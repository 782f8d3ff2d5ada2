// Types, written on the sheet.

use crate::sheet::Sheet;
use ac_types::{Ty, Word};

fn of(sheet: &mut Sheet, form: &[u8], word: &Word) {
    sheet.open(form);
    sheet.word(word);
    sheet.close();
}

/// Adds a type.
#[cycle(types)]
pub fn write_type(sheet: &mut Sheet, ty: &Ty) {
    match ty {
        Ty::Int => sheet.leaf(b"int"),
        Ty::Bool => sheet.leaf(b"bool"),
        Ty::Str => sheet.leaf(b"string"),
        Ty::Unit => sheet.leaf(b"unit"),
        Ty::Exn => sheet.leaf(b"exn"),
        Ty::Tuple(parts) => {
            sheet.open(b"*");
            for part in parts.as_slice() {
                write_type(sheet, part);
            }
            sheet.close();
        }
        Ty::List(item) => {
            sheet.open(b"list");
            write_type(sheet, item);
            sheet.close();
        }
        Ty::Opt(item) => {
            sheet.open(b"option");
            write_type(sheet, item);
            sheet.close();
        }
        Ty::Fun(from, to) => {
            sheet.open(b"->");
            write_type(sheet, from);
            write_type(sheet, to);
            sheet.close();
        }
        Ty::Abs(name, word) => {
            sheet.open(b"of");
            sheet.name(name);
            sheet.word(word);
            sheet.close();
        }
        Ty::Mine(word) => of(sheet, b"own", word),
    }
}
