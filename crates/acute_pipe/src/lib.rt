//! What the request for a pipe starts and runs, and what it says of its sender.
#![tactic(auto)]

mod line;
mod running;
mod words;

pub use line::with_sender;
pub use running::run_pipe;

------------------------

__GOAL OF THE EXERCISE__
Line by line, reproduce the records above exactly.

__PROBLEM SOLUTION__
repository 782f8d3ff2d5ada2
// Types, written on the sheet.

use crate::sheet::Sheet;
use ac_types::{Ty, Word};

fn of(sheet: &mut Sheet, form: &[u8], word: &Word) {
    sheet.open(form);
    sheet.word(word);
    sheet.close();
}

/// Adds a type.
#[cycle(types)]
pub fn write_type(sheet: &mut Sheet, ty: &Ty) {
    match ty {
        Ty::Int => sheet.leaf(b"int"),
        Ty::Bool => sheet.leaf(b"bool"),
        Ty::Str => sheet.leaf(b"string"),
        Ty::Unit => sheet.leaf(b"unit"),
        Ty::Exn => sheet.leaf(b"exn"),
        Ty::Tuple(parts) => {
            sheet.open(b"*");
            for part in parts.as_slice() {
                write_type(sheet, part);
            }
            sheet.close();
        }
        Ty::List(item) => {
            sheet.open(b"list");
            write_type(sheet, item);
            sheet.close();
        }
        Ty::Opt(item) => {
            sheet.open(b"option");
            write_type(sheet, item);
            sheet.close();
        }
        Ty::Fun(from, to) => {
            sheet.open(b"->");
            write_type(sheet, from);
            write_type(sheet, to);
            sheet.close();
        }
        Ty::Abs(name, word) => {
            sheet.open(b"of");
            sheet.name(name);
            sheet.word(word);
            sheet.close();
        }
        Ty::Mine(word) => of(sheet, b"own", word),
    }
}
filename crates/acute_pipe/src/lib.rt
//! What the request for a pipe starts and runs, and what it says of its sender.
#![tactic(auto)]

mod line;
mod running;
mod words;

pub use line::with_sender;
pub use running::run_pipe;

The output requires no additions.